PROVIDED DATA:

//! The split literal of a node, found in one pass over the clauses.

ghost use Rattle.std.specs.Prelude.{◌≡◌, ℕ, Bool, List, ◌+◌, ◌-◌, ◌<◌, ◌≤◌, true, false, not, ◌&&◌, ◌||◌, [], ◌∷◌, length, IfSome};
ghost use Rattle.pg_region.specs.Literal.{Literal, negated, same};
ghost use Rattle.pg_region.specs.Region.{clause_at};
ghost use Rattle.pg_decider.specs.Assignment.{on};
ghost use Rattle.pg_decider.specs.Noted.{noted, better, or_first, picked, least, AreLong};
ghost use Rattle.pg_decider.specs.Reached.{AreWithin};
ghost use Rattle.pg_decider.specs.Split.{any_true, any_false, first_free, free_count, split_literal};

use crate::trail::Trail;
use pg_region::{ClauseReader, Lit};

/// What is known of the split clause after some clauses: its first literal without a value, and, where it has
/// a false literal, how many literals without a value it has.
#[derive(Clone, Copy, Drop)]
pub enum Found {
    /// Each clause had a true literal.
    Nothing,
    /// The first clause without a true literal.
    Untouched(Option<Lit>),
    /// The best clause with a false literal.
    Touched(usize, Option<Lit>),
}

/// Whether a clause has a true literal.
fn is_met(clause: &[Lit], trail: &Trail) -> bool
    requires { (l : Literal) → on clause.now l ≡ true → l.atom ≤ trail.now.atoms }
    ensures { result ≡ any_true (on trail.now.literals) clause.now }
{
    for literal in clause {
        if trail.is_true(*literal) {
            return true;
        }
    }
    false
}

/// Whether a clause has a false literal.
fn is_touched(clause: &[Lit], trail: &Trail) -> bool
    requires { (l : Literal) → on clause.now l ≡ true → l.atom ≤ trail.now.atoms }
    ensures { result ≡ any_false (on trail.now.literals) clause.now }
{
    for literal in clause {
        if trail.is_true(literal.negated()) {
            return true;
        }
    }
    false
}

/// The first literal of a clause without a value.
pub fn free_literal(clause: &[Lit], trail: &Trail) -> Option<Lit>
    requires { (l : Literal) → on clause.now l ≡ true → l.atom ≤ trail.now.atoms }
    ensures { result ≡ first_free (on trail.now.literals) clause.now }
{
    for literal in clause {
        if is_free(*literal, trail) {
            return Some(*literal);
        }
    }
    None
}

pub fn is_free(literal: Lit, trail: &Trail) -> bool
    requires { literal.atom ≤ trail.now.atoms }
    ensures { result ≡ (not (on trail.now.literals literal) && not (on trail.now.literals (negated literal))) }
{
    !trail.is_true(literal) && !trail.is_true(literal.negated())
}

/// Whether a literal stands in a clause.
fn stands_in(literal: Lit, clause: &[Lit]) -> bool
    ensures { result ≡ on clause.now literal }
{
    for other in clause {
        if other.is(literal) {
            return true;
        }
    }
    false
}

/// How many literals of a clause have no value; one that stands twice counts once.
fn count_free(clause: &[Lit], trail: &Trail) -> usize
    requires { (l : Literal) → on clause.now l ≡ true → l.atom ≤ trail.now.atoms }
    ensures { result ≡ free_count (on trail.now.literals) clause.now }
{
    let mut count = 0;
    for i in 0..clause.len() {
        let literal = clause[i];
        if is_free(literal, trail) && !stands_in(literal, &clause[i + 1..]) {
            count += 1;
        }
    }
    count
}

fn or_better(found: Found, count: usize, literal: Option<Lit>) -> Found
    ensures { result ≡ better found count literal }
{
    match found {
        Found::Touched(least, other) => {
            if count < least {
                Found::Touched(count, literal)
            } else {
                Found::Touched(least, other)
            }
        }
        _ => Found::Touched(count, literal),
    }
}

fn or_its(found: Found, literal: Option<Lit>) -> Found
    ensures { result ≡ or_first found literal }
{
    match found {
        Found::Nothing => Found::Untouched(literal),
        other => other,
    }
}

/// What is found after one more clause.
fn note(found: Found, clause: &[Lit], trail: &Trail) -> Found
    requires { (l : Literal) → on clause.now l ≡ true → l.atom ≤ trail.now.atoms }
    ensures { result ≡ noted (on trail.now.literals) found clause.now }
{
    if is_met(clause, trail) {
        return found;
    }
    let literal = free_literal(clause, trail);
    if is_touched(clause, trail) {
        return or_better(found, count_free(clause, trail), literal);
    }
    or_its(found, literal)
}

fn pick(found: Found) -> Option<Lit>
    ensures { result ≡ picked found }
{
    match found {
        Found::Nothing => None,
        Found::Untouched(literal) => literal,
        Found::Touched(_, literal) => literal,
    }
}

/// Whether no later clause is better: one without a true literal has two literals without a value, once all is propagated.
fn is_least(found: &Found) -> bool
    ensures { result ≡ least found.now }
{
    match found {
        Found::Touched(count, _) => *count <= 2,
        _ => false,
    }
}

/// The split literal, with one look at each clause up to the one that has it or, where no clause has as few literals without a value
/// as one can have, at all of them.
pub fn split(reader: &mut ClauseReader, trail: &Trail) -> Option<Lit>
    requires over { AreWithin trail.now.atoms reader.old.clauses }
    requires long { AreLong (on trail.now.literals) reader.old.clauses }
    ensures reader { (reader.new.clauses ≡ reader.old.clauses) × (reader.new.atoms ≡ reader.old.atoms) }
    ensures looks { reader.new.looks ≤ reader.old.looks + length reader.old.clauses }
    ensures exact { result ≡ split_literal (on trail.now.literals) reader.old.clauses }
{
    let count = reader.count();
    let mut found = Found::Nothing;
    'clauses: for k in 0..count {
        let clause = reader.clause(k + 1);
        found = note(found, clause, trail);
        if is_least(&found) {
            return pick(found);
        }
    }
    pick(found)
}
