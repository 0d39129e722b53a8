//! The way down to a node of a log.

ghost use Rattle.std.specs.Prelude.{◌≡◌, ◌+◌, ◌<◌, ◌≤◌, length, vec_capacity};
ghost use Rattle.pg_decider.specs.Leaf.{path_of};
ghost use Rattle.pg_decider.specs.Walk.{IsLogOver};

use crate::log::{TreeLog, TreeNode};
use crate::search::{Branch, go_back, go_down};
use crate::trail::Trail;

/// Puts the path of the node at a place, from 0 on, on the trail.
pub fn walk(trail: &mut Trail, branches: &mut Vec<Branch>, log: &TreeLog, place: u32)
    requires log { IsLogOver trail.old.atoms log.now.lines }
    requires place { place < length log.now.lines }
    requires room { trail.old.atoms + 1 ≤ vec_capacity branches.old }
    ensures atoms { trail.new.atoms ≡ trail.old.atoms }
    ensures room { vec_capacity branches.new ≡ vec_capacity branches.old }
    ensures path { trail.new.literals ≡ path_of log.now.lines place }
{
    branches.truncate(0);
    trail.undo(0);
    'lines: for k in 0..place {
        match log.node(k + 1) {
            TreeNode::Split(literal) => {
                go_down(trail, branches, literal);
            }
            TreeNode::Leaf => match go_back(trail, branches) {
                None => unreachable!(),
                Some(_) => {}
            },
        }
    }
}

WHAT THE EXERCISE ASKS: From the records above, print only the lines between the one holding "or_its(found, literal)" and the one holding "reader.new.looks ≤ reader.old.looks", inclusive, exactly as they stand.

REPLY:
    or_its(found, literal)
}

fn pick(found: Found) -> Option<Lit>
    ensures { result ≡ picked found }
{
    match found {
        Found::Nothing => None,
        Found::Untouched(literal) => literal,
        Found::Touched(_, literal) => literal,
    }
}

/// Whether no later clause is better: one without a true literal has two literals without a value, once all is propagated.
fn is_least(found: &Found) -> bool
    ensures { result ≡ least found.now }
{
    match found {
        Found::Touched(count, _) => *count <= 2,
        _ => false,
    }
}

/// The split literal, with one look at each clause up to the one that has it or, where no clause has as few literals without a value
/// as one can have, at all of them.
pub fn split(reader: &mut ClauseReader, trail: &Trail) -> Option<Lit>
    requires over { AreWithin trail.now.atoms reader.old.clauses }
    requires long { AreLong (on trail.now.literals) reader.old.clauses }
    ensures reader { (reader.new.clauses ≡ reader.old.clauses) × (reader.new.atoms ≡ reader.old.atoms) }
    ensures looks { reader.new.looks ≤ reader.old.looks + length reader.old.clauses }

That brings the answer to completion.